In general this depends on the priors, but in the particular case $p=1$ the probability simplifies to $1$.  Even when $p=0$ this probability may be nonzero, depending on whether our prior has a point mass at $q=0$.
A: Below described is a situation in which it makes sense that Alice claims that she lies with probability greater than $p$. The following story requires, however, a sequence of experiments. (BTW interpreting a probability related question in reality always require a series of experiments.)
Alice generates independent random numbers between zero and one with uniform distribution. Let these random variables be denoted by $p_1,p_2,...p_n,...$
The $n^{th}$ experiment is as follows
Alice says: "I lie with probability greater than $p_n$."
The probability that $p_n\ge 0.5$ is $0.5$. If $p_n>0.5$ then Alice lies. So, there is no contardiction: Alice lies with probability $0.5$ and what she lies, time to time, is that she lies with a greater probability than $0.5$ while the truth is that she lies only with probability $0.5.$
I then answered the following question:

Let $p$ be a random variable uniformly distributed over $[0,1]$. Alice says: "The probability that I'm lying is greater than $p$." What is the probability that she lies?
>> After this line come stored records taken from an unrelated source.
ghost use Rattle.std.specs.Prelude.{◌≡◌};
ghost use Rattle.transfers.specs.Refusals.{number_of};

use transfers::refusal::Refusal;

// What a call returns to C: its refusal number, or 0, the reply's length in octets, and the mode after it.
#[repr(C)]
#[derive(Clone, Copy, Debug, PartialEq, Eq)]
pub struct Answer {
    pub number: u8,
    pub mode: u8,
    pub length: usize,
}

impl Answer {
    // A refusal that has no reply.
    pub fn unreplied(refusal: Refusal, mode: u8) -> Answer
        ensures { result ≡ record { number = number_of refusal; mode = mode; length = 0 } }
    {
        Answer {
            number: refusal.number(),
            mode,
            length: 0,
        }
    }
}

// The mode in which no edit is open, as C knows it.
pub const QUIET: u8 = 0;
Or was this not the question?
A: Assume that Alice has an a priori lying probability $x\in[0,1]$. Confronted with a value $p\in[0,1]$  Alice could say "$x<p$" or "$x>p$". The probability that she says st: "$x>p"$ computes to
$$P[{\rm st}]=P[x<p]\> x + P[x>p]\>(1-x)\ ,$$
and the probability that this statement is actually false is just $$P[{\rm st}\wedge{\rm false}]=P[x<p]\> x\ .$$ It follows that the a posteriori probability that the statement we heard is false is given by
$$P[{\rm false}\>|\>{\rm st}]={P[{\rm st}\wedge{\rm false}]\over P[{\rm st}]}={P[x<p]\> x\over P[x<p]\> x + P[x>p]\>(1-x)}\ .\tag{1}$$
We now make the essential assumption that Alice had choosen her lying probability $x$ uniformly distributed in $[0,1]$. Then $(1)$ becomes
$$P[{\rm false}\>|\>{\rm st}]={px\over 1-p+(2p-1)x}\ .$$
Integrating this over $0\leq x\leq1$ we finally obtain
$$P[{\rm Alice\ was\ lying\ just\ now}]=\ldots\ ,$$
a complicated expression in terms of $p$ and $\log p$, whereby the cases $p<{1\over2}$, $p={1\over2}$, an $p>{1\over2}$ have to be distinguished.
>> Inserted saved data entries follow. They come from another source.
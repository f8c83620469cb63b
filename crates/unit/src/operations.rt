// What each operation of a request does.
ghost use Rattle.std.specs.Prelude.{◌≡◌, ◌≤◌, true, length, MatchOption, ◌≢◌};
ghost use Rattle.replies.specs.Replies.{Fresh, SamePastRoom};
ghost use Rattle.transfers.specs.Gets.{Got};
ghost use Rattle.transfers.specs.Sets.{SetTo};
ghost use Rattle.block_requests.specs.Transfers.{GotBlock, SetBlockTo};
ghost use Rattle.unit.specs.declared.operation.Operation.TheVariants.{Set, SetBlock, Open, Abandon};
ghost use Rattle.unit.specs.Operations.{takes_mode};
ghost use Rattle.unit.specs.Steps.{Abandons, Answered, Edits, Opens, Reads, Replied};
ghost use Rattle.unit.specs.Calls.{Kept, Sound, here};

use super::call::UnitCall;
use super::operation::Operation;
use super::states::{Checked, Editing, Quiet};
use block_requests::get_block::get_block;
use memory::ParameterMemory;
use replies::Reply;
use tables::work::StagedWrite;
use transfers::get::get;
use transfers::refusal::Refusal;

// The state after an edit is given up.
fn abandoned(mode: u8) -> Option<Quiet>
    ensures { MatchOption result (takes_mode Abandon mode ≢ true) (λ _. takes_mode Abandon mode ≡ true) }
{
    if let Some(editing) = Editing::from_mode(mode) {
        return Some(editing.abandon());
    }
    let checked = Checked::from_mode(mode)?;
    Some(checked.abandon())
}

// The clauses of the operations are the same but for the relation that they name: a clause has no parameter to take it from.
impl<R: ParameterMemory, D: ParameterMemory> UnitCall<'_, '_, R, D> {
    // Answers a get, from the running table.
    fn get(&mut self, body: &[u8], reply: &mut Reply) -> Result<(), Refusal>
        requires sound { Sound R.ParameterMemory D.ParameterMemory self.old }
        requires fresh { Fresh reply.old }
        ensures sound { Sound R.ParameterMemory D.ParameterMemory self.new }
        ensures kept { Kept R.ParameterMemory D.ParameterMemory self.old self.new }
        ensures past { SamePastRoom reply.old reply.new }
        ensures outcome { Replied (λ o. Reads Got (here R.ParameterMemory D.ParameterMemory self.old) body.now o (here R.ParameterMemory D.ParameterMemory self.new)) result reply.old reply.new }
    {
        get(self.running, body, reply)
    }

    // Has the draft take a set's items.
    fn set(
        &mut self,
        body: &[u8],
        writes: &mut [StagedWrite],
        reply: &mut Reply,
    ) -> Result<(), Refusal>
        requires sound { Sound R.ParameterMemory D.ParameterMemory self.old }
        requires fresh { Fresh reply.old }
        requires room { 1024 ≤ length writes.old }
        requires taken { takes_mode Set self.old.mode ≡ true }
        ensures sound { Sound R.ParameterMemory D.ParameterMemory self.new }
        ensures kept { Kept R.ParameterMemory D.ParameterMemory self.old self.new }
        ensures past { SamePastRoom reply.old reply.new }
        ensures outcome { Replied (λ o. Edits SetTo (here R.ParameterMemory D.ParameterMemory self.old) body.now o (here R.ParameterMemory D.ParameterMemory self.new)) result reply.old reply.new }
    {
        let Some(editing) = Editing::from_mode(self.mode) else {
            return Err(Refusal::Mode);
        };
        let set = editing.set(self.draft, body, writes);
        self.mode = editing.into_mode();
        set?;
        reply.put(0);
        Ok(())
    }

    // Answers a get block, from the running table.
    fn get_block(&mut self, body: &[u8], reply: &mut Reply) -> Result<(), Refusal>
        requires sound { Sound R.ParameterMemory D.ParameterMemory self.old }
        requires fresh { Fresh reply.old }
        ensures sound { Sound R.ParameterMemory D.ParameterMemory self.new }
        ensures kept { Kept R.ParameterMemory D.ParameterMemory self.old self.new }
        ensures past { SamePastRoom reply.old reply.new }
        ensures outcome { Replied (λ o. Reads GotBlock (here R.ParameterMemory D.ParameterMemory self.old) body.now o (here R.ParameterMemory D.ParameterMemory self.new)) result reply.old reply.new }
    {
        get_block(self.running, body, reply)
    }

    // Has the draft take a block's rows. Beside `set`, since one function over both is no plainer: it would take the call
    // as a closure, and what the call means as a ghost.
    fn set_block(
        &mut self,
        body: &[u8],
        writes: &mut [StagedWrite],
        reply: &mut Reply,
    ) -> Result<(), Refusal>
        requires sound { Sound R.ParameterMemory D.ParameterMemory self.old }
        requires fresh { Fresh reply.old }
        requires room { 1024 ≤ length writes.old }
        requires taken { takes_mode SetBlock self.old.mode ≡ true }
        ensures sound { Sound R.ParameterMemory D.ParameterMemory self.new }
        ensures kept { Kept R.ParameterMemory D.ParameterMemory self.old self.new }
        ensures past { SamePastRoom reply.old reply.new }
        ensures outcome { Replied (λ o. Edits SetBlockTo (here R.ParameterMemory D.ParameterMemory self.old) body.now o (here R.ParameterMemory D.ParameterMemory self.new)) result reply.old reply.new }
    {
        let Some(editing) = Editing::from_mode(self.mode) else {
            return Err(Refusal::Mode);
        };
        let set = editing.set_block(self.draft, body, writes);
        self.mode = editing.into_mode();
        set?;
        reply.put(0);
        Ok(())
    }

    // Opens an edit.
    fn open(&mut self, body: &[u8], reply: &mut Reply) -> Result<(), Refusal>
        requires sound { Sound R.ParameterMemory D.ParameterMemory self.old }
        requires fresh { Fresh reply.old }
        requires taken { takes_mode Open self.old.mode ≡ true }
        ensures sound { Sound R.ParameterMemory D.ParameterMemory self.new }
        ensures kept { Kept R.ParameterMemory D.ParameterMemory self.old self.new }
        ensures past { SamePastRoom reply.old reply.new }
        ensures outcome { Replied (λ o. Opens (here R.ParameterMemory D.ParameterMemory self.old) body.now o (here R.ParameterMemory D.ParameterMemory self.new)) result reply.old reply.new }
    {
        if !body.is_empty() {
            return Err(Refusal::Over(1));
        }
        let Some(quiet) = Quiet::from_mode(self.mode) else {
            return Err(Refusal::Mode);
        };
        let editing = quiet
            .open(self.running, self.draft)
            .map_err(|unopened| unopened.into_refusal())?;
        self.mode = editing.into_mode();
        reply.put(0);
        Ok(())
    }

    // Gives an edit up.
    fn abandon(&mut self, body: &[u8], reply: &mut Reply) -> Result<(), Refusal>
        requires sound { Sound R.ParameterMemory D.ParameterMemory self.old }
        requires fresh { Fresh reply.old }
        requires taken { takes_mode Abandon self.old.mode ≡ true }
        ensures sound { Sound R.ParameterMemory D.ParameterMemory self.new }
        ensures kept { Kept R.ParameterMemory D.ParameterMemory self.old self.new }
        ensures past { SamePastRoom reply.old reply.new }
        ensures outcome { Replied (λ o. Abandons (here R.ParameterMemory D.ParameterMemory self.old) body.now o (here R.ParameterMemory D.ParameterMemory self.new)) result reply.old reply.new }
    {
        if !body.is_empty() {
            return Err(Refusal::Over(1));
        }
        let Some(quiet) = abandoned(self.mode) else {
            return Err(Refusal::Mode);
        };
        self.mode = quiet.into_mode();
        reply.put(0);
        Ok(())
    }

    // What the request's octets come to; an accepted request's reply is put.
    pub fn answer(
        &mut self,
        octets: &[u8],
        writes: &mut [StagedWrite],
        reply: &mut Reply,
    ) -> Result<(), Refusal>
        requires sound { Sound R.ParameterMemory D.ParameterMemory self.old }
        requires fresh { Fresh reply.old }
        requires room { 1024 ≤ length writes.old }
        ensures sound { Sound R.ParameterMemory D.ParameterMemory self.new }
        ensures kept { Kept R.ParameterMemory D.ParameterMemory self.old self.new }
        ensures past { SamePastRoom reply.old reply.new }
        ensures outcome { Replied (λ o. Answered (here R.ParameterMemory D.ParameterMemory self.old) octets.now o (here R.ParameterMemory D.ParameterMemory self.new)) result reply.old reply.new }
    {
        let [code, body @ ..] = octets else {
            return Err(Refusal::EmptyRequest);
        };
        let operation = Operation::try_from(*code)?;
        if !operation.takes_mode(self.mode) {
            return Err(Refusal::Mode);
        }
        // No plainer by closures: each operation takes its own of what was handed in.
        match operation {
            Operation::Get => self.get(body, reply),
            Operation::Set => self.set(body, writes, reply),
            Operation::GetBlock => self.get_block(body, reply),
            Operation::SetBlock => self.set_block(body, writes, reply),
            Operation::Open => self.open(body, reply),
            Operation::Abandon => self.abandon(body, reply),
        }
    }
}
A: I presume "I'm lying" refers to this particular statement she's making, rather than her overall probability of lying on every statement she ever makes.  Now one problem is that there really is no such thing as "the probability" that this statement is a lie: in order to define probabilities
you must set up a probability model, and no such model has been specified.
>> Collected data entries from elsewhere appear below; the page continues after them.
use super::answer::Answer;
use super::request::request;
use super::start::{begin, factory_start};
use super::states::Unopened;
use memory::WordMemory;
use memory::packed::PackedMemory;
use tables::work::{Finding, StagedWrite};

// A get of the options of phase 1 and of the mode of split 16's phase 16.
const GET: [u8; 10] = [1, 2, 0, 20, 1, 0, 4, 2, 16, 16];

// Asks words, with work lists of these lengths.
fn ask(
    mode: u8,
    running: &mut [u16],
    draft: &mut [u16],
    octets: &[u8],
    reply: &mut [u8],
    writes: usize,
    findings: usize,
) -> Answer {
    let mut write_slots = [StagedWrite { cell: 0, value: 0 }; 1024];
    let mut finding_slots = [Finding {
        rule: 0,
        high: 0,
        low: 0,
    }; 64];
    let mut running = WordMemory { words: running };
    let mut draft = WordMemory { words: draft };
    request(
        mode,
        &mut running,
        &mut draft,
        octets,
        reply,
        &mut write_slots[0..writes.min(1024)],
        &mut finding_slots[0..findings.min(64)],
    )
}

// Lengths of reply memory and of the work lists, and the number that is returned.
const ROOMS: [(usize, usize, usize, u8); 6] = [
    (0, 1024, 64, 1),
    (1023, 1024, 64, 1),
    (1024, 1023, 64, 1),
    (1024, 1024, 63, 1),
    (1024, 1024, 64, 0),
    (1030, 1024, 64, 0),
];

#[test]
fn short_rooms_are_refused_and_left_alone(rt: HostRuntime) {
    for (size, writes, findings, number) in ROOMS {
        let mut running = [0x0500; 2544];
        let mut draft = [0x0600; 2544];
        let mut reply = [7; 1030];
        let a = ask(
            2,
            &mut running,
            &mut draft,
            &GET,
            &mut reply[0..size.min(1030)],
            writes,
            findings,
        );
        assert_eq!(rt; (a.number, a.mode), (number, 2));
        let (first, last, later) = if number == 1 { (7, 7, 7) } else { (0, 0, 7) };
        assert_eq!(rt; (reply[0], reply[1023], reply[1024]), (first, last, later));
    }
}

// Lengths of the running and of the draft words, the mode, and the number that is returned.
const COUNTS: [(usize, usize, u8, u8); 7] = [
    (2543, 2544, 0, 9),
    (2545, 2544, 0, 9),
    (2544, 2543, 0, 9),
    (2544, 2544, 3, 5),
    (2544, 2544, 255, 5),
    (2544, 2544, 1, 0),
    (2544, 2544, 2, 0),
];

#[test]
fn counts_are_tested_before_modes(rt: HostRuntime) {
    for (cells, draft_cells, mode, number) in COUNTS {
        let mut running = [0; 2545];
        let mut draft = [0; 2545];
        let mut reply = [7; 1024];
        let a = ask(
            mode,
            &mut running[0..cells.min(2545)],
            &mut draft[0..draft_cells.min(2545)],
            &GET,
            &mut reply,
            1024,
            64,
        );
        assert_eq!(rt; (a.number, a.mode), (number, mode));
        assert_eq!(rt; reply[0], if number == 9 { 7 } else { number });
    }
}

#[test]
fn a_get_reads_wide_and_narrow_words(rt: HostRuntime) {
    let mut running = [0xA5A5; 2544];
    let mut draft = [0; 2544];
    let mut reply = [7; 1024];
    assert_eq!(rt;
        factory_start(&mut WordMemory {
            words: &mut running,
        },)
        .number,
        0
    );
    running[19] = 0x0102;
    let a = ask(0, &mut running, &mut draft, &GET, &mut reply, 1024, 64);
    assert_eq!(rt; (a.number, a.length), (0, 6));
    assert_eq!(rt; &reply[0..7], [0, 2, 1, 2, 0, 2, 0].as_slice());
    assert_eq!(rt; (running[18], running[0]), (0xA501, 0xA500));
}

#[test]
fn a_get_reads_packed_octets(rt: HostRuntime) {
    let mut running = [0; 2624];
    let mut reply = [7; 1024];
    let mut write_slots = [StagedWrite { cell: 0, value: 0 }; 1024];
    let mut finding_slots = [Finding {
        rule: 0,
        high: 0,
        low: 0,
    }; 64];
    let mut memory = PackedMemory {
        octets: &mut running,
    };
    assert_eq!(rt; factory_start(&mut memory).number, 0);
    let mut draft = WordMemory {
        words: &mut [9; 2544],
    };
    let a = request(
        0,
        &mut memory,
        &mut draft,
        &GET,
        &mut reply,
        &mut write_slots,
        &mut finding_slots,
    );
    assert_eq!(rt; (a.number, a.length), (0, 6));
    assert_eq!(rt; &reply[0..7], [0, 2, 0, 0, 0, 2, 0].as_slice());
    assert_eq!(rt;
        factory_start(&mut PackedMemory {
            octets: &mut [1; 2623],
        },)
        .number,
        9
    );
}

// The options of phase 1 become 0x0102.
const ONE: [u8; 7] = [1, 0, 20, 1, 0, 1, 2];

// The options of phase 1 become 0x0304, and the mode of split 1's phase 1 becomes 250, which no mode may be.
const TWO: [u8; 13] = [2, 0, 20, 1, 0, 4, 2, 1, 1, 3, 4, 0, 250];

// Begins, opens an edit, sets twice and gives the edit up: whether each set was accepted, and the mode; none where the
// unit does not begin or open.
fn edit(running: &mut [u16], draft: &mut [u16]) -> Option<(bool, bool, u8)> {
    let mut writes = [StagedWrite { cell: 0, value: 0 }; 1024];
    let mut running = WordMemory { words: running };
    let mut draft = WordMemory { words: draft };
    let Ok(quiet) = begin(&mut running) else {
        return None;
    };
    match quiet.open(&mut running, &mut draft) {
        Ok(editing) => {
            let one = editing.set(&mut draft, &ONE, &mut writes).is_ok();
            let two = editing.set(&mut draft, &TWO, &mut writes).is_ok();
            Some((one, two, editing.abandon().into_mode()))
        }
        Err(Unopened { state, refusal: _ }) => {
            let _ = state.into_mode();
            None
        }
    }
}

#[test]
fn typed_calls_edit_the_draft(rt: HostRuntime) {
    let mut running = [0xA5A5; 2544];
    let mut draft = [0x6666; 2544];
    assert_eq!(rt; edit(&mut running, &mut draft), Some((true, false, 0)));
    assert_eq!(rt;
        (running[18], running[19], running[1409]),
        (0xA501, 0, 0xA502)
    );
    assert_eq!(rt;
        (draft[18], draft[19], draft[1409]),
        (0x6601, 0x0102, 0x6602)
    );
}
But you also need to have a consistent notion of "lying", and in the presence of
self-referential statements that is problematic.
I'll assume $0 < p < 1$.
From one point of view, a statement of fact that doesn't refer to the future or anything else that is unknown is either true or false: there is no probability involved.  So the actual "probability" $q$ that her statement is a lie can only be either $0$ or $1$.  If we accept this, her statement is equivalent to "$q = 1$", which is a lie if $q = 0$ and is not a lie if $q = 1$.  Thus in this case we are reduced to the classic Epimenides paradox.
A: Let $P$(Alice lying$)=q$, then there are $(1-q)$ chance that $q>p$ and $q$ chance that $q\leq p$, so ${1-q\over q}={1-p\over p-0}$ which means $q=p$.
Some intuitive example: if $p=0$ then obiously alice is not lying. If $p=1$ then obviously alice is lying. If $p={1\over2}$ then there is  $1\over2$ chance she is lying.